Task item: Beginning at the line that contains "text.push_word((value / HALF) as u32);", write out every line down to the end of the records, with both ends kept and nothing added.

Material for this task Block Start

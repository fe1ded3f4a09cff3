//! Words of 64 bits, which have sixteen digits.

ghost use Rattle.std.specs.Prelude.{◌≡◌, ℕ, ◌+◌, ◌<◌, ◌≤◌, ◌^◌, ◌++◌, ◌∷◌, List, length, IfSome, IfNone};
ghost use Rattle.wire.specs.Pairs.{IsLongWord, long_word};

use crate::fields::Fields;
use crate::line::{LINE_LIMIT, Line};
use ft_types::{read_word, word_text};

/// How many words a half has.
const HALF: u64 = 1 << 32;

/// The word of 64 bits that the text is.
pub fn read_long_word(text: &[u8]) -> Option<u64>
    ensures found { IfSome result (λ w. IsLongWord text.now w) }
    ensures none { IfNone result ((w : ℕ) → IsLongWord text.now w → ⊥) }
{
    if text.len() != 16 {
        return None;
    }
    let (upper, lower) = text.split_at(8);
    let upper = read_word(upper)?;
    let lower = read_word(lower)?;
    Some(u64::from(upper) * HALF + u64::from(lower))
}

/// Takes the next field, which is a word of 64 bits.
pub(crate) fn take_long_word(fields: &mut Fields<'_>) -> Option<u64>
    ensures found { IfSome result (λ w. (w < 2 ^ 64) × (fields.old ≡ long_word w ∷ fields.new)) }
    ensures none { IfNone result ((w : ℕ) (rest : List (List ℕ)) → w < 2 ^ 64 → fields.old ≡ long_word w ∷ rest → ⊥) }
{
    read_long_word(fields.take()?)
}

/// Adds a word of 64 bits behind a space.
pub(crate) fn push_long_word(text: &mut Line, value: u64)
    requires { length text.old + 17 ≤ LINE_LIMIT }
    ensures bytes { text.new ≡ text.old ++ 32 ∷ long_word value }
    ensures len { length text.new ≡ length text.old + 17 }
{
    text.push_word((value / HALF) as u32);
    text.push(&word_text((value % HALF) as u32));
}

Material for this task Block End

Solution to this task:
    text.push_word((value / HALF) as u32);
    text.push(&word_text((value % HALF) as u32));
}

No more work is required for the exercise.